RECORDS SHOWN:
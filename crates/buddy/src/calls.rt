// A buddy store's calls, told of its share of the account: each planned, and then carried out.
ghost use Rattle.std.specs.Prelude.{◌≡◌};
ghost use Rattle.counter.specs.Paper.{ask_said, deliver_said, release_said};
ghost use Rattle.store_rules.specs.Outcomes.{out, listed};
ghost use Rattle.store_rules.specs.Shares.{ask_left};
ghost use Rattle.store_rules.proofs.Holders.{holding, holder};
ghost use Rattle.buddy_rules.specs.Tables.{tables};
ghost use Rattle.buddy_outcomes.specs.Ask.{ask_of};
ghost use Rattle.buddy_outcomes.specs.Deliver.{deliver_of};
ghost use Rattle.buddy_outcomes.specs.Return.{return_of};

use counter::{Block, BuddySettings, Granted, OpenOrder, Outcome, Refused};
use store_rules::{DeliveredShare, ReleasedShare, Share};

pub fn ask(
    s: BuddySettings,
    share: Share,
    size: u64,
    mask: u64,
    head: &mut [u64],
    loans: &mut [u64],
    chunks: &[u64],
    index: &mut [u64],
    tree: &mut [u64],
) -> Result<Granted, Refused>
    ensures { out (ask_said result) (ask_left (holder s.store share) size mask (ask_said result)) (tables head.new loans.new chunks.now index.new tree.new) ≡ ask_of s (holder s.store share) size mask (tables head.old loans.old chunks.now index.old tree.old) }
{
    let plan = crate::plans::plan_ask(s, share, size, mask, head, loans, chunks, index, tree);
    crate::carries::carry_ask(s, plan, head, loans, index, tree)
}

pub fn deliver(
    s: BuddySettings,
    share: Share,
    order: OpenOrder,
    o: Outcome,
    head: &mut [u64],
    loans: &mut [u64],
    chunks: &mut [u64],
    index: &mut [u64],
    tree: &mut [u64],
) -> DeliveredShare
    ensures { out (deliver_said result.answer) (holding s.store result.share result.order) (tables head.new loans.new chunks.new index.new tree.new) ≡ deliver_of s (holding s.store share order) o (tables head.old loans.old chunks.old index.old tree.old) }
{
    let plan = crate::plans::plan_deliver(s, share, order, o, head, loans, chunks, index, tree);
    crate::carries::carry_deliver(s, share, order, plan, head, loans, chunks, index, tree)
}

// A block comes back. The memory number of its chunk, where that goes, then stands at the front of `list`.
pub fn return_block(
    s: BuddySettings,
    share: Share,
    b: Block,
    head: &[u64],
    loans: &mut [u64],
    chunks: &mut [u64],
    index: &mut [u64],
    tree: &mut [u64],
    list: &mut [u64],
) -> ReleasedShare
    ensures { listed (release_said result.answer) (holder s.store result.share) (tables head.now loans.new chunks.new index.new tree.new) list.new ≡ return_of s (holder s.store share) b (tables head.now loans.old chunks.old index.old tree.old) list.old }
{
    let plan = crate::plans::plan_return(s, share, b, head, loans, chunks, index, tree, list);
    crate::carries::carry_return(s, share, b, plan, head, loans, chunks, index, tree, list)
}
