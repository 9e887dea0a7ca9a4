// Records to text, a line for each.
use calls::{Call, Record};
use script::put_call;
use stream::errors::tell_record;
use stream::flow::{Flow, begun, done, fed, passed};
use text::put_byte;

// The flow of input and output, and the number of the record that comes next.
#[derive(Clone, Copy)]
struct Records {
    flow: Flow,
    number: u64,
}

// The text of a call and a line end.
fn put_text(call: Call, out: &mut [u8], at: usize) -> usize {
    let behind = put_call(call, out, at);
    put_byte(b'\n', out, behind)
}

// Behind a record that ends at `at`: the text of its call is put.
fn taken<R: Print + Eprint>(rt: &R, r: Records, call: Call, at: usize, out: &mut [u8]) -> Records {
    let place = put_text(call, out, r.flow.waits);
    let flow = passed(rt, r.flow, at, place, out);
    Records {
        flow,
        number: r.number.wrapping_add(1),
    }
}

// Behind the last record. The text of those before bytes that are none is written before these are told.
fn over<R: Print + Eprint>(rt: &R, r: Records, bad: bool, out: &[u8]) -> Records {
    let flow = done(rt, r.flow, out);
    if bad {
        tell_record(rt, r.number);
    }
    Records { flow, ..r }
}

// Where n bytes are no record: it is over, unless they are fewer than the longest has and more may come.
fn without<R: Input + Print + Eprint>(
    rt: &R,
    r: Records,
    n: usize,
    buf: &mut [u8],
    out: &[u8],
) -> Records {
    if r.flow.window.last | (10 <= n) {
        return over(rt, r, 0 < n, out);
    }
    let flow = fed(rt, r.flow, buf, out);
    Records { flow, ..r }
}

// One turn, on what stands in the window.
fn turn<R: Input + Print + Eprint>(rt: &R, r: Records, buf: &mut [u8], out: &mut [u8]) -> Records {
    let shown = r.flow.window.within(buf.len());
    let unread = &buf[shown.at..shown.end];
    let got = calls::read_record(unread);
    let Ok(Record { call, count }) = got else {
        return without(rt, r, shown.end - shown.at, buf, out);
    };
    taken(rt, r, call, shown.at.wrapping_add(count), out)
}

// All records of standard input.
pub fn run<R: Input + Print + Eprint>(rt: &R, buf: &mut [u8], out: &mut [u8]) {
    let mut r = Records {
        flow: begun(),
        number: 1,
    };
    for _ in 0..u64::MAX {
        if !r.flow.goes {
            break;
        }
        r = turn(rt, r, buf, out);
    }
}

TASK PROMPT: Write the data above out again in full, exactly.

RESPONSE AREA:
filename crates/buddy/src/calls.rt
// A buddy store's calls, told of its share of the account: each planned, and then carried out.
ghost use Rattle.std.specs.Prelude.{◌≡◌};
ghost use Rattle.counter.specs.Paper.{ask_said, deliver_said, release_said};
ghost use Rattle.store_rules.specs.Outcomes.{out, listed};
ghost use Rattle.store_rules.specs.Shares.{ask_left};
ghost use Rattle.store_rules.proofs.Holders.{holding, holder};
ghost use Rattle.buddy_rules.specs.Tables.{tables};
ghost use Rattle.buddy_outcomes.specs.Ask.{ask_of};
ghost use Rattle.buddy_outcomes.specs.Deliver.{deliver_of};
ghost use Rattle.buddy_outcomes.specs.Return.{return_of};

use counter::{Block, BuddySettings, Granted, OpenOrder, Outcome, Refused};
use store_rules::{DeliveredShare, ReleasedShare, Share};

pub fn ask(
    s: BuddySettings,
    share: Share,
    size: u64,
    mask: u64,
    head: &mut [u64],
    loans: &mut [u64],
    chunks: &[u64],
    index: &mut [u64],
    tree: &mut [u64],
) -> Result<Granted, Refused>
    ensures { out (ask_said result) (ask_left (holder s.store share) size mask (ask_said result)) (tables head.new loans.new chunks.now index.new tree.new) ≡ ask_of s (holder s.store share) size mask (tables head.old loans.old chunks.now index.old tree.old) }
{
    let plan = crate::plans::plan_ask(s, share, size, mask, head, loans, chunks, index, tree);
    crate::carries::carry_ask(s, plan, head, loans, index, tree)
}

pub fn deliver(
    s: BuddySettings,
    share: Share,
    order: OpenOrder,
    o: Outcome,
    head: &mut [u64],
    loans: &mut [u64],
    chunks: &mut [u64],
    index: &mut [u64],
    tree: &mut [u64],
) -> DeliveredShare
    ensures { out (deliver_said result.answer) (holding s.store result.share result.order) (tables head.new loans.new chunks.new index.new tree.new) ≡ deliver_of s (holding s.store share order) o (tables head.old loans.old chunks.old index.old tree.old) }
{
    let plan = crate::plans::plan_deliver(s, share, order, o, head, loans, chunks, index, tree);
    crate::carries::carry_deliver(s, share, order, plan, head, loans, chunks, index, tree)
}

// A block comes back. The memory number of its chunk, where that goes, then stands at the front of `list`.
pub fn return_block(
    s: BuddySettings,
    share: Share,
    b: Block,
    head: &[u64],
    loans: &mut [u64],
    chunks: &mut [u64],
    index: &mut [u64],
    tree: &mut [u64],
    list: &mut [u64],
) -> ReleasedShare
    ensures { listed (release_said result.answer) (holder s.store result.share) (tables head.now loans.new chunks.new index.new tree.new) list.new ≡ return_of s (holder s.store share) b (tables head.now loans.old chunks.old index.old tree.old) list.old }
{
    let plan = crate::plans::plan_return(s, share, b, head, loans, chunks, index, tree, list);
    crate::carries::carry_return(s, share, b, plan, head, loans, chunks, index, tree, list)
}
repository 9e887dea0a7ca9a4
// Records to text, a line for each.
use calls::{Call, Record};
use script::put_call;
use stream::errors::tell_record;
use stream::flow::{Flow, begun, done, fed, passed};
use text::put_byte;

// The flow of input and output, and the number of the record that comes next.
#[derive(Clone, Copy)]
struct Records {
    flow: Flow,
    number: u64,
}

// The text of a call and a line end.
fn put_text(call: Call, out: &mut [u8], at: usize) -> usize {
    let behind = put_call(call, out, at);
    put_byte(b'\n', out, behind)
}

// Behind a record that ends at `at`: the text of its call is put.
fn taken<R: Print + Eprint>(rt: &R, r: Records, call: Call, at: usize, out: &mut [u8]) -> Records {
    let place = put_text(call, out, r.flow.waits);
    let flow = passed(rt, r.flow, at, place, out);
    Records {
        flow,
        number: r.number.wrapping_add(1),
    }
}

// Behind the last record. The text of those before bytes that are none is written before these are told.
fn over<R: Print + Eprint>(rt: &R, r: Records, bad: bool, out: &[u8]) -> Records {
    let flow = done(rt, r.flow, out);
    if bad {
        tell_record(rt, r.number);
    }
    Records { flow, ..r }
}

// Where n bytes are no record: it is over, unless they are fewer than the longest has and more may come.
fn without<R: Input + Print + Eprint>(
    rt: &R,
    r: Records,
    n: usize,
    buf: &mut [u8],
    out: &[u8],
) -> Records {
    if r.flow.window.last | (10 <= n) {
        return over(rt, r, 0 < n, out);
    }
    let flow = fed(rt, r.flow, buf, out);
    Records { flow, ..r }
}

// One turn, on what stands in the window.
fn turn<R: Input + Print + Eprint>(rt: &R, r: Records, buf: &mut [u8], out: &mut [u8]) -> Records {
    let shown = r.flow.window.within(buf.len());
    let unread = &buf[shown.at..shown.end];
    let got = calls::read_record(unread);
    let Ok(Record { call, count }) = got else {
        return without(rt, r, shown.end - shown.at, buf, out);
    };
    taken(rt, r, call, shown.at.wrapping_add(count), out)
}

// All records of standard input.
pub fn run<R: Input + Print + Eprint>(rt: &R, buf: &mut [u8], out: &mut [u8]) {
    let mut r = Records {
        flow: begun(),
        number: 1,
    };
    for _ in 0..u64::MAX {
        if !r.flow.goes {
            break;
        }
        r = turn(rt, r, buf, out);
    }
}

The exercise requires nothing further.